In August 2011, Skowron pleaded guilty in federal court in Manhattan to conspiracy to engage in insider trading and obstruction of justice. Preet Bharara, U.S. Attorney for the Southern District of New York, said: "Chip Skowron is the latest example of a portfolio manager willing to pay for proprietary, non-public information that gave him an illegal trading edge over the average investor. The integrity of our market is damaged by people who engage in insider trading...." Skowron was sent to prison for five years. Skowron's wife asked the judge to be lenient with him, saying her husband didn't realize he was doing anything that could result in him going to prison. Skowron also agreed to forfeit $5 million to the government and pay a $2.7 million SEC penalty. The judge, noting that Morgan Stanley's "expectation was that Skowron would abide by policies" that "prohibited insider trading," also ordered him to pay restitution to Morgan Stanley for legal fees ($3.8 million), and 20% of his compensation during the period of the conspiracy from 2007 to 2010 ($6.4 million). The awards were upheld on appeal.

Skowron, sentenced in November 2011 by Judge Denise Cote to, and served, five years in federal prison at medium-security Schuylkill Federal Prison Camp in Minersville, Pennsylvania. He was released in 2017, subject to three years of supervised release. He was prohibited from working in the securities industry.

Institutional investors immediately withdrew $3 billion from FrontPoint, which until that time had $7 billion in assets under management and earlier had $11 billion under management, causing it to shut down in May 2011, after Skowron's arrest.

Skowron later said: "Over 200 people lost their jobs because of me. My wife and my children endured extraordinary embarrassment, isolation, and absence because of my choices because of the empire I thought I needed to build." His country club ejected him.

FrontPoint, which was spun off from Morgan Stanley, stressed that the FrontPoint Healthcare Funds were not charged with any securities law violations, and that Skowron breached FrontPoint's compliance policies and Code of Conduct. The FrontPoint Healthcare Funds were named solely as relief defendants, and agreed to make a disgorgement payment with prejudgment interest to the SEC for the alleged losses avoided, and paid the SEC $33 million in an enforcement action.
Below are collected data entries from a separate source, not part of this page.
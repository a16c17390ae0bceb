// optimizer.rs, push_into: a predicate goes into a node that can take one, before the predicate that the node has. The plan is edited in place (crate edit):
// only the words that change are written.
#![tactic(auto)]

ghost use Rattle.std.specs.Prelude.{◌≡◌, ◌+◌, ◌≤◌, length};
ghost use Rattle.words.specs.Place.{NodeAt};
ghost use Rattle.push_into.specs.Push.{Takes, TakerAt, PredicateWritten, Pushes, PushesInPlace};

use cells::Cell;

// Whether the node from lo to hi can take a predicate: a Filter, a NestedLoopJoin or a Scan.
pub fn takes(s: &[u32], lo: usize, hi: usize) -> bool
    requires { NodeAt s.now lo hi }
    ensures { Takes s.now lo hi result }
{
    matches!(
        cells::tag_at(s, hi),
        tags::FILTER | tags::NESTED_LOOP_JOIN | tags::SCAN,
    )
}

// A predicate stands in d from mid up to at. Behind it come the own predicate of the node from lo to hi of s, with an And of that origin over both, and the
// node's cell, which is over all words of d from `from` on: the words of the node's sources stand before the predicate, or the caller seals the node. The flag
// of a node that had no predicate now says that there is one.
pub fn with_predicate(
    s: &[u32],
    lo: usize,
    hi: usize,
    d: &mut [u32],
    from: usize,
    mid: usize,
    at: usize,
    origin: u32,
) -> usize
    requires taker_at { TakerAt s.now lo hi }
    requires predicate_written { PredicateWritten d.old from mid at }
    ensures { Pushes origin s.now lo hi d.old from mid at result d.new }
{
    let k = cells::cell_at(s, hi);
    let own = nodes::own_start(s, lo, hi);
    let end = hi - cells::CELL_WORDS;
    if own == end {
        let with_flag = Cell {
            flag: k.flag + 1,
            ..k
        };
        return cells::put(d, from, at, with_flag);
    }
    let m = cells::copy(s, own, end, d, at);
    let n = cells::put(d, mid, m, Cell::new(tags::AND, origin));
    cells::put(d, from, n, k)
}

// The predicate in the first n words of y goes into the node of x from lo up to `end`, which takes one; an And over it and the node's own predicate has that
// origin. What stands behind the node, up to t - tail, is gone.
pub fn push_into(
    x: &mut [u32],
    y: &mut [u32],
    n: usize,
    t: usize,
    lo: usize,
    end: usize,
    tail: usize,
    origin: u32,
) -> usize
    requires taker_at { TakerAt x.old lo end }
    requires predicate_written { PredicateWritten y.old 0 0 n }
    requires tail_bound { (end + tail ≤ t) × (t ≤ length x.old) }
    requires y_len { length y.old ≡ length x.old }
    ensures { PushesInPlace origin x.old y.old n t lo end tail result x.new }
{
    let own = nodes::own_start(x, lo, end);
    let m = with_predicate(x, lo, end, y, 0, 0, n, origin);
    edit::replace_own(x, y, m, t, lo, own, tail)
}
==Faithless servant lawsuit==
Morgan Stanley filed a separate civil lawsuit in October 2012 seeking the $33 million it paid the SEC, as well as the entire $32 million it had paid Skowron in compensation from 2007 to 2010. In its lawsuit, Morgan Stanley called Skowron a “faithless servant” who lied repeatedly to continue being paid by Morgan Stanley and to avoid a blow to his reputation. A. Jeff Ifrah, co-author of Federal Sentencing for Business Crimes, said: "The reputation of an employer like this one can get killed by the conduct of its employee," and seeking restitution "is certainly a good strategy" to recover a company's good reputation.

In December 2013 Judge Shira Scheindlin of the U.S District Court of the Southern District of New York ruled on a motion for summary judgment that Skowron must forfeit $31 million—100% of the compensation he earned from the firm between 2007 and 2010—to his employer, Morgan Stanley. The judge applied the legal doctrine of "faithless servant" to require Skowron to return his ill-gotten gains from the use of inside information to his employer, because he had engaged in insider trading, in violation of the firm's code of ethics, and failed to report his insider trading to the company. The judge said that insider trading was "the ultimate abuse of a portfolio manager's position." She noted further: "In addition to exposing Morgan Stanley to government investigations to and direct financial losses, Skowron's behavior damaged the firm's reputation, a valuable corporate asset".